* _Brief_:
If a line below contains the string "filename", return that line.

* _Records for the task_:
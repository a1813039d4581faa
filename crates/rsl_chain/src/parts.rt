//! The parts of an entry, as they come line by line.

ghost use Rattle.std.specs.Prelude.{◌≡◌, true, false, OnOk};
ghost use Rattle.rsl_chain.specs.Reading;

use crate::EntryBody;
use crate::places::Part;
use git_object::{Ids, KeyId, ObjectId, RefName};
use octets::{Memory, Octets};
use std::alloc::Global;

/// What the lines so far say of the entry.
#[derive(Drop)]
pub struct Parts {
    pub signer: Option<KeyId>,
    pub signature: Octets,
    pub name: Option<RefName>,
    pub target: ObjectId,
    pub ids: Ids,
    pub skip: bool,
    pub message: Octets,
    pub signed: Octets,
}

impl Parts {
    /// Before the first line. It takes no memory.
    pub(crate) fn new(alloc: Global) -> Parts
        ensures { result ≡ Reading.no_parts }
    {
        Parts {
            signer: None,
            signature: Octets::new(alloc),
            name: None,
            target: ObjectId::zeros(),
            ids: Ids::new(alloc),
            skip: false,
            message: Octets::new(alloc),
            signed: Octets::new(alloc),
        }
    }
}

// Adds a line to what is signed, unless it is the signature's.
fn sign_line(signed: &mut Octets, part: &Part, line: &[u8]) -> Result<(), Memory>
    ensures { OnOk result (signed.new ≡ Reading.with_line part.now line.now signed.old) }
{
    if matches!(part, Part::Signature(_)) {
        return Ok(());
    }
    signed.append(line)?;
    signed.append(b"\n")
}

// Keeps what a line says.
fn keep_part(parts: &mut Parts, part: Part) -> Result<(), Memory>
    ensures { OnOk result (parts.new ≡ Reading.with_part part parts.old) }
{
    match part {
        Part::Nothing => {}
        Part::Parent(_) => {}
        Part::Signature(found) => {
            parts.signer = Some(found.signer);
            parts.signature = found.signature;
        }
        Part::Name(name) => parts.name = Some(name),
        Part::Target(id) => parts.target = id,
        Part::Id(id) => return parts.ids.push(id),
        Part::Skip(skip) => parts.skip = skip,
        Part::Number(_) => {}
        Part::Piece(bytes) => return parts.message.append(bytes.as_slice()),
    }
    Ok(())
}

/// Keeps a line and what it says, where the parts are kept at all.
pub(crate) fn put(parts: &mut Parts, keep: bool, part: Part, line: &[u8]) -> Result<(), Memory>
    ensures kept { keep ≡ true → OnOk result (parts.new ≡ Reading.put part line.now parts.old) }
    ensures spared { keep ≡ false → parts.new ≡ parts.old }
{
    if !keep {
        return Ok(());
    }
    sign_line(&mut parts.signed, &part, line)?;
    keep_part(parts, part)
}

/// The body of an entry with these parts.
pub(crate) fn body_of(
    name: Option<RefName>,
    target: ObjectId,
    ids: Ids,
    skip: bool,
    message: Octets,
) -> EntryBody
    ensures { result ≡ Reading.body_from name target ids skip message }
{
    match name {
        Some(name) => EntryBody::Reference { name, target },
        None => EntryBody::Annotation { ids, skip, message },
    }
}
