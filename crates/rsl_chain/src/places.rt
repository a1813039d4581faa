//! The places of an entry's body, and what its lines say.

use crate::words::SignatureLine;
use git_object::{ObjectId, RefName};
use octets::Octets;

/// What is wanted as the next line.
#[derive(Clone, Copy, Debug, PartialEq, Eq, Drop)]
pub enum Want {
    Tree,
    ParentOrAuthor,
    Author,
    Committer,
    SignatureOrGap,
    Gap,
    Title,
    ReferenceGap,
    ReferenceName,
    ReferenceTarget,
    ReferenceNumber,
    AnnotationGap,
    FirstId,
    IdOrSkip,
    AnnotationNumber,
    MessageOrEnd,
    FirstPiece,
    PieceOrMessageEnd,
    MessageEnd,
    End,
}

/// How far a body is read: what is wanted next, and what the lines so far say that later ones must fit.
#[derive(Drop)]
pub struct Place {
    pub want: Want,
    pub parent: Option<ObjectId>,
    /// 0 before the number's line.
    pub number: u64,
    /// How many ids an annotation has so far.
    pub ids: u64,
}

/// What a line says.
#[derive(Drop)]
pub enum Part {
    Nothing,
    Parent(ObjectId),
    Signature(SignatureLine),
    Name(RefName),
    Target(ObjectId),
    Id(ObjectId),
    Skip(bool),
    Number(u64),
    Piece(Octets),
}

/// A line that is as wanted: the place after it, and what it says.
#[derive(Drop)]
pub struct Step {
    pub place: Place,
    pub part: Part,
}
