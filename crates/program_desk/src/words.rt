//! What `serve` asks for.

ghost use Rattle.std.specs.Prelude.{◌≡◌, map, string_bytes, IfOk, IfErr, IfSome};
ghost use Rattle.command_words.specs.FirstWords.{IsWithinLimits};
ghost use Rattle.worlds.specs.declared.ending.Refusal.TheVariants as refusal;
ghost use Rattle.program_desk.specs.Numbers.{numbers_of, AreOfWords, AreWithin};

use command_words::{Command, WordsFault, read_command};
use std::alloc::Global;
use worlds::Refusal;

/// What a `serve` command asks for: the port, how many workers a desk has, how many connections each of them serves,
/// and whether the desk is a gate.
#[derive(Clone, Copy, Debug)]
pub struct ServeWords {
    pub port: u16,
    pub workers: u32,
    pub connections: u32,
    pub gate: bool,
}

// What this command asks for; None of another one than `serve`.
fn numbers_of(command: Command) -> Option<ServeWords>
    ensures found { result ≡ numbers_of command }
    ensures within { IsWithinLimits command → IfSome result AreWithin }
{
    let Command::Serve {
        port,
        workers,
        connections,
        gate,
    } = command
    else {
        return None;
    };
    Some(ServeWords {
        port,
        workers,
        connections,
        gate,
    })
}

/// What the `serve` command that these words ask for has, each number within its limits; None where they ask for
/// another command or for none. `Memory` alone is refused.
pub fn serve_words(alloc: Global, words: &[String]) -> Result<Option<ServeWords>, Refusal>
    ensures found { IfOk result (AreOfWords (map string_bytes words.now)) }
    ensures within { IfOk result (λ found. IfSome found AreWithin) }
    ensures refused { IfErr result (λ why. why ≡ refusal.Memory) }
{
    match read_command(alloc, words) {
        Ok(command) => Ok(numbers_of(command)),
        Err(WordsFault::Outside) => Ok(None),
        Err(WordsFault::Memory) => Err(Refusal::Memory),
    }
}
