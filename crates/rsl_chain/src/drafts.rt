//! Entries that are to be written.

ghost use Rattle.std.specs.Prelude.{◌≡◌, ◌++◌, ◌∷◌, ◌<◌, [], ℕ, List, length, map, OnOk, IfOk};
ghost use Rattle.std.specs.List.{AllByRecursion};
ghost use Rattle.base64.specs.GeneralPurpose.{IsBytes};
ghost use Rattle.hex.specs.Hex.{encode_lower};
ghost use Rattle.git_object.specs.Ids.{IsId};
ghost use Rattle.git_object.specs.Names.{IsRefName};
ghost use Rattle.rsl_chain.specs.Drafts;

use crate::EntryBody;
use crate::rows::{MESSAGE_BEGIN, MESSAGE_END, TREE_LINE};
use base64::engine::general_purpose::STANDARD;
use git_object::{KeyId, ObjectId, RefName};
use itoa::Buffer;
use octets::{Memory, Octets};
use std::alloc::Global;
use text_reader::split_line;

/// An entry that is to be signed.
#[derive(Drop)]
pub struct Draft {
    /// The entry before it; None exactly for number 1.
    pub parent: Option<ObjectId>,
    /// Who writes it, and when, as Git writes that; it holds no line feed.
    pub author: Octets,
    /// From 1 to 1,000,000.
    pub number: u64,
    pub body: EntryBody,
}

// Adds a line. After a refusal a front of it may stand there.
fn append_line(text: &mut Octets, word: &[u8], rest: &[u8]) -> Result<(), Memory>
    ensures { OnOk result (text.new ≡ text.old ++ Drafts.ended (word.now ++ rest.now)) }
{
    text.append(word)?;
    text.append(rest)?;
    text.append(b"\n")
}

fn append_id(text: &mut Octets, word: &[u8], id: &ObjectId) -> Result<(), Memory>
    ensures added { OnOk result (text.new ≡ text.old ++ Drafts.ended (word.now ++ encode_lower id.now)) }
    ensures valid { IsId id.now }
{
    let _ = id.as_bytes();
    append_line(text, word, &id.to_hex())
}

fn append_parent(text: &mut Octets, parent: &Option<ObjectId>) -> Result<(), Memory>
    ensures added { OnOk result (text.new ≡ text.old ++ Drafts.joined (Drafts.parent_lines parent.now)) }
    ensures valid { OnOk result (Drafts.IsParent parent.now) }
{
    match parent {
        Some(id) => append_id(text, b"parent ", id)?,
        None => {}
    }
    Ok(())
}

// The lines down to the committer's.
fn append_head(text: &mut Octets, parent: &Option<ObjectId>, author: &[u8]) -> Result<(), Memory>
    ensures added { OnOk result (text.new ≡ text.old ++ Drafts.joined (Drafts.head_lines parent.now author.now)) }
    ensures valid { OnOk result (Drafts.IsParent parent.now) }
{
    append_line(text, TREE_LINE, b"")?;
    append_parent(text, parent)?;
    append_line(text, b"author ", author)?;
    append_line(text, b"committer ", author)?;
    Ok(())
}

fn append_number(text: &mut Octets, number: u64) -> Result<(), Memory>
    ensures { OnOk result (text.new ≡ text.old ++ Drafts.ended (Drafts.number_line number)) }
{
    let mut digits = Buffer::new();
    append_line(text, b"number: ", digits.format(number).as_bytes())
}

fn append_reference(
    text: &mut Octets,
    name: &RefName,
    target: &ObjectId,
    number: u64,
) -> Result<(), Memory>
    ensures added { OnOk result (text.new ≡ text.old ++ Drafts.joined
        (Drafts.reference_lines name.now target.now number)) }
    ensures valid { OnOk result (IsRefName name.now × IsId target.now) }
{
    append_line(text, b"RSL Reference Entry", b"")?;
    append_line(text, b"", b"")?;
    append_line(text, b"ref: ", name.text())?;
    append_id(text, b"targetID: ", target)?;
    append_number(text, number)?;
    Ok(())
}

fn append_ids(text: &mut Octets, ids: &[ObjectId]) -> Result<(), Memory>
    ensures added { OnOk result (text.new ≡ text.old ++ Drafts.joined (map Drafts.entry_line ids.now)) }
    ensures valid { OnOk result (AllByRecursion IsId ids.now) }
{
    'ids: for id in ids {
        append_id(text, b"entryID: ", id)?;
    }
    Ok(())
}

fn append_skip(text: &mut Octets, skip: bool) -> Result<(), Memory>
    ensures { OnOk result (text.new ≡ text.old ++ Drafts.ended (Drafts.skip_line skip)) }
{
    if skip {
        return append_line(text, b"skip: true", b"");
    }
    append_line(text, b"skip: false", b"")
}

// A base64 text in lines of 64 characters.
fn append_pieces(text: &mut Octets, base64: &[u8]) -> Result<(), Memory>
    ensures { OnOk result (text.new ≡ text.old ++ Drafts.joined (Drafts.cut 64 base64.now)) }
{
    let mut rest = base64;
    'pieces: while rest.len() > 64 {
        let (line, more) = rest.split_at(64);
        append_line(text, line, b"")?;
        rest = more;
    }
    if rest.is_empty() {
        return Ok(());
    }
    append_line(text, rest, b"")?;
    Ok(())
}

fn append_message(text: &mut Octets, alloc: Global, message: &[u8]) -> Result<(), Memory>
    ensures added { OnOk result (text.new ≡ text.old ++ Drafts.joined (Drafts.message_lines message.now)) }
    ensures valid { IsBytes message.now }
{
    if message.is_empty() {
        return Ok(());
    }
    let Ok(base64) = STANDARD.encode(alloc, message) else {
        return Err(Memory);
    };
    append_line(text, MESSAGE_BEGIN, b"")?;
    append_pieces(text, base64.as_bytes())?;
    append_line(text, MESSAGE_END, b"")?;
    Ok(())
}

fn append_annotation(
    text: &mut Octets,
    alloc: Global,
    ids: &[ObjectId],
    skip: bool,
    message: &[u8],
    number: u64,
) -> Result<(), Memory>
    ensures added { OnOk result (text.new ≡ text.old ++ Drafts.joined
        (Drafts.annotation_lines ids.now skip message.now number)) }
    ensures valid { OnOk result (AllByRecursion IsId ids.now × IsBytes message.now) }
{
    append_line(text, b"RSL Annotation Entry", b"")?;
    append_line(text, b"", b"")?;
    append_ids(text, ids)?;
    append_skip(text, skip)?;
    append_number(text, number)?;
    append_message(text, alloc, message)?;
    Ok(())
}

fn append_body(
    text: &mut Octets,
    alloc: Global,
    body: &EntryBody,
    number: u64,
) -> Result<(), Memory>
    ensures added { OnOk result (text.new ≡ text.old ++ Drafts.joined (Drafts.body_lines body.now number)) }
    ensures valid { OnOk result (Drafts.IsValidBody body.now) }
{
    match body {
        EntryBody::Reference { name, target } => append_reference(text, name, target, number),
        EntryBody::Annotation { ids, skip, message } => append_annotation(
            text,
            alloc,
            ids.as_slice(),
            *skip,
            message.as_slice(),
            number,
        ),
    }
}

impl Draft {
    /// The text that is signed: the body of the entry's commit without the line of a signature. Inside the grammar it
    /// is read as an entry of the draft's parent, number and body.
    pub fn unsigned(&self, alloc: Global) -> Result<Octets, Memory>
        ensures text { IfOk result (λ text. text ≡ Drafts.unsigned_text self.now) }
        ensures valid { OnOk result (Drafts.IsValid self.now) }
        ensures reads_back { Drafts.IsDraft self.now → IfOk result (Drafts.IsReadBack self.now) }
    {
        let mut text = Octets::new(alloc);
        append_head(&mut text, &self.parent, self.author.as_slice())?;
        append_line(&mut text, b"", b"")?;
        append_body(&mut text, alloc, &self.body, self.number)?;
        Ok(text)
    }
}

fn append_signature(
    text: &mut Octets,
    alloc: Global,
    key: &KeyId,
    signature: &[u8],
) -> Result<(), Memory>
    ensures added { OnOk result (text.new ≡ text.old
        ++ Drafts.ended (Drafts.signature_line (record { signer = key.now; signature = signature.now }))) }
    ensures valid { IsId key.now × IsBytes signature.now }
{
    let _ = key.as_bytes();
    let Ok(base64) = STANDARD.encode(alloc, signature) else {
        return Err(Memory);
    };
    text.append(b"lmssig ")?;
    text.append(&key.to_hex())?;
    append_line(text, b" ", base64.as_bytes())
}

// Adds the lines in front of the first empty one, and gives the rest.
fn append_front<'a>(text: &mut Octets, unsigned: &'a [u8]) -> Result<&'a [u8], Memory>
    ensures { IfOk result (λ rest. (line : List ℕ) → text.old ++ Drafts.with_line_in line unsigned.now ≡ text.new
        ++ (Drafts.ended line ++ rest.now)) }
{
    let mut rest = unsigned;
    'lines: while let Some((line, more)) = split_line(rest) {
        if line.is_empty() {
            return Ok(rest);
        }
        append_line(text, line, b"")?;
        rest = more;
    }
    Ok(rest)
}

/// A draft's text with the line of its signature, which stands in front of the first empty line. The text of a draft
/// inside the grammar, with a signature that is not empty, is read as the same entry with that signer and signature.
pub fn join_signature(
    alloc: Global,
    unsigned: &[u8],
    key: &KeyId,
    signature: &[u8],
) -> Result<Octets, Memory>
    ensures text { IfOk result (λ text. text ≡ Drafts.signed_text_of unsigned.now
        (record { signer = key.now; signature = signature.now })) }
    ensures reads_back { IfOk result
        (Drafts.IsReadWith unsigned.now (record { signer = key.now; signature = signature.now })) }
{
    let mut text = Octets::new(alloc);
    let rest = append_front(&mut text, unsigned)?;
    append_signature(&mut text, alloc, key, signature)?;
    text.append(rest)?;
    Ok(text)
}
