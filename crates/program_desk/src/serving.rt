//! The desk that the words ask for.

ghost use Rattle.std.specs.Prelude.{◌≡◌, ◌<◌, true, false, OnOk, length};
ghost use Rattle.desk_http.specs.Opening.{Serves};
ghost use Rattle.desk_http.specs.Served.{AreServed, EndsAs};

use crate::ServeWords;
use desk_http::{GatedDesk, OpenDesk, Served, serve_gate, serve_store};
use keeper_api::Keeper;
use std::alloc::Global;
use std::net::{Net, TcpListener, TcpStream};
use std::sync::Wait;
use std::thread::Threads;

/// Serves over a store by the desk that a `serve` command asks for, and gives the store back: by one with a gate
/// exactly where a gate is asked for. What it leaves is what `serve_gate` or `serve_store` does.
pub fn serve_asked<R, W>(rt: &W, alloc: Global, store: R, asked: &ServeWords) -> (R, Served)
where
    R: Keeper + Drop + Send + 'static,
    W: Threads + Wait + Sync + Net<Listener = TcpListener, Stream = TcpStream>,
    requires { 0 < asked.now.workers }
    ensures serves { Serves R.Keeper store result.0 result.1.end }
    ensures gate { asked.now.gate ≡ true
        → AreServed ⟦<GatedDesk<R> as desk_http::Serves>⟧ asked.now.connections result.1.workers.items }
    ensures no_gate { asked.now.gate ≡ false
        → AreServed ⟦<OpenDesk<R> as desk_http::Serves>⟧ asked.now.connections result.1.workers.items }
    ensures count { OnOk result.1.end (length result.1.workers.items ≡ asked.now.workers) }
    ensures ends { EndsAs result.1.workers.items result.1.end }
{
    let (port, workers, connections) = (asked.port, asked.workers, asked.connections);
    if asked.gate {
        serve_gate(rt, alloc, store, port, workers, connections)
    } else {
        serve_store(rt, alloc, store, port, workers, connections)
    }
}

* _Solution to this task_:
filename crates/rsl_chain/src/parts.rt
filename crates/rsl_chain/src/places.rt
filename crates/program_desk/src/words.rt
filename crates/rsl_chain/src/drafts.rt
filename crates/program_desk/src/serving.rt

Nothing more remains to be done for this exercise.